■ **Exercise goal**: Every entry must be given again exactly as it is written.

■ **Provided entries**:
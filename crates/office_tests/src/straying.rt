use crate::silence::{Answers, Silent, unasked};
use off_asking::Asked;
use off_base::{Bytes, Ip4, Moment, NoMemory, Secret};
use off_defs::{Key, Pool, Row, Site, Writes};
use off_dhcp::Message;
use off_lease::answer;
use off_lease_rules::DhcpWord;
use off_mic::HmacKey;
use off_outside::KeepErr;
use off_runs::FreeRuns;
use std::alloc::Global;
use std::test::Fail;

const AT: Moment = Moment(1_700_000_000);

const RELAY: Ip4 = Ip4(0x0a40_0001);

// It has each hub; every other row that is asked for is of a wrong kind. Whatever the place, its
// next entry is a pool of the relay with one address too many, and each has the number below the
// last.
#[derive(Drop)]
struct Stray {
    number: u32,
}

impl Answers for Stray {
    fn row(&mut self, _alloc: Global, key: &Key, _commits: u64) -> Option<Option<Row>> {
        Some(match key {
            Key::Hub(_) => site_row(),
            _ => Some(Row::Held(Ip4(1))),
        })
    }

    fn entry(&mut self, _alloc: Global, _after: Option<&Key>) -> Option<Option<(Key, Row)>> {
        self.number = self.number.wrapping_sub(1);
        let row = Row::Pool(Pool {
            first: Ip4(1),
            last: Ip4(4097),
            prefix: 24,
            router: RELAY,
            relay: RELAY,
        });
        Some(Some((Key::Pool(self.number), row)))
    }

    fn write(&mut self, _alloc: Global, _writes: &Writes, _commits: u64) -> Option<()> {
        None
    }
}

fn site_row() -> Option<Row> {
    let secret = Secret::read(b"secret")?;
    Some(Row::Site(Site {
        server: Ip4(0x0a00_0002),
        secret,
        offset: 3600,
        lease: 86_400,
        log: Ip4(0),
    }))
}

// A DISCOVER of a modem behind the relay.
fn discover(alloc: Global) -> Result<Bytes, NoMemory> {
    let mut bytes = Bytes::new(alloc);
    bytes.push_all(&[1, 1, 6, 0, 0x11, 0x22, 0x33, 0x44])?;
    bytes.push_all(&[0; 16])?;
    bytes.push_all(&RELAY.0.to_be_bytes())?;
    bytes.push_all(&[0x02, 0xaa, 0xbb, 0xcc, 0xdd, 0xee])?;
    bytes.push_all(&[0; 202])?;
    bytes.push_all(&[99, 130, 83, 99, 53, 1, 1, 60, 10])?;
    bytes.push_all(b"docsis3.1:")?;
    bytes.push_all(&[255])?;
    Ok(bytes)
}

// The word of the answer, and how many calls that took, with those that read the pools and their
// hubs.
fn word_over(alloc: Global, keeper: &mut Silent<Stray>) -> Result<(DhcpWord, u64), KeepErr> {
    let Ok(datagram) = discover(alloc) else {
        return Err(KeepErr::Memory);
    };
    let Ok(m) = Message::read(datagram.as_slice()) else {
        return Err(KeepErr::Failed);
    };
    let mut runs = FreeRuns::of(alloc, keeper)?;
    runs.pass(AT);
    let mut key = HmacKey::new();
    let word = answer(alloc, keeper, &runs, &mut key, AT, &Asked::of(&m))?.word;
    Ok((word, keeper.calls))
}

#[test]
fn an_impossible_row_gives_no_lease(rt: HostRuntime) -> Result<(), Fail> {
    let mut keeper = unasked(Stray { number: 9 });
    let expected = (DhcpWord::NoRelayPool, 6);
    assert!(rt; word_over(rt.alloc(), &mut keeper) == Ok(expected));
    Ok(())
}
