// The promises about runs of calls: theorems alone.
#![tactic(auto)]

■ **Written solution**:
filename crates/office_tests/src/straying.rt
use crate::silence::{Answers, Silent, unasked};
use off_asking::Asked;
use off_base::{Bytes, Ip4, Moment, NoMemory, Secret};
use off_defs::{Key, Pool, Row, Site, Writes};
use off_dhcp::Message;
use off_lease::answer;
use off_lease_rules::DhcpWord;
use off_mic::HmacKey;
use off_outside::KeepErr;
use off_runs::FreeRuns;
use std::alloc::Global;
use std::test::Fail;

const AT: Moment = Moment(1_700_000_000);

const RELAY: Ip4 = Ip4(0x0a40_0001);

// It has each hub; every other row that is asked for is of a wrong kind. Whatever the place, its
// next entry is a pool of the relay with one address too many, and each has the number below the
// last.
#[derive(Drop)]
struct Stray {
    number: u32,
}

impl Answers for Stray {
    fn row(&mut self, _alloc: Global, key: &Key, _commits: u64) -> Option<Option<Row>> {
        Some(match key {
            Key::Hub(_) => site_row(),
            _ => Some(Row::Held(Ip4(1))),
        })
    }

    fn entry(&mut self, _alloc: Global, _after: Option<&Key>) -> Option<Option<(Key, Row)>> {
        self.number = self.number.wrapping_sub(1);
        let row = Row::Pool(Pool {
            first: Ip4(1),
            last: Ip4(4097),
            prefix: 24,
            router: RELAY,
            relay: RELAY,
        });
        Some(Some((Key::Pool(self.number), row)))
    }

    fn write(&mut self, _alloc: Global, _writes: &Writes, _commits: u64) -> Option<()> {
        None
    }
}

fn site_row() -> Option<Row> {
    let secret = Secret::read(b"secret")?;
    Some(Row::Site(Site {
        server: Ip4(0x0a00_0002),
        secret,
        offset: 3600,
        lease: 86_400,
        log: Ip4(0),
    }))
}

// A DISCOVER of a modem behind the relay.
fn discover(alloc: Global) -> Result<Bytes, NoMemory> {
    let mut bytes = Bytes::new(alloc);
    bytes.push_all(&[1, 1, 6, 0, 0x11, 0x22, 0x33, 0x44])?;
    bytes.push_all(&[0; 16])?;
    bytes.push_all(&RELAY.0.to_be_bytes())?;
    bytes.push_all(&[0x02, 0xaa, 0xbb, 0xcc, 0xdd, 0xee])?;
    bytes.push_all(&[0; 202])?;
    bytes.push_all(&[99, 130, 83, 99, 53, 1, 1, 60, 10])?;
    bytes.push_all(b"docsis3.1:")?;
    bytes.push_all(&[255])?;
    Ok(bytes)
}

// The word of the answer, and how many calls that took, with those that read the pools and their
// hubs.
fn word_over(alloc: Global, keeper: &mut Silent<Stray>) -> Result<(DhcpWord, u64), KeepErr> {
    let Ok(datagram) = discover(alloc) else {
        return Err(KeepErr::Memory);
    };
    let Ok(m) = Message::read(datagram.as_slice()) else {
        return Err(KeepErr::Failed);
    };
    let mut runs = FreeRuns::of(alloc, keeper)?;
    runs.pass(AT);
    let mut key = HmacKey::new();
    let word = answer(alloc, keeper, &runs, &mut key, AT, &Asked::of(&m))?.word;
    Ok((word, keeper.calls))
}

#[test]
fn an_impossible_row_gives_no_lease(rt: HostRuntime) -> Result<(), Fail> {
    let mut keeper = unasked(Stray { number: 9 });
    let expected = (DhcpWord::NoRelayPool, 6);
    assert!(rt; word_over(rt.alloc(), &mut keeper) == Ok(expected));
    Ok(())
}
// The promises about runs of calls: theorems alone.
#![tactic(auto)]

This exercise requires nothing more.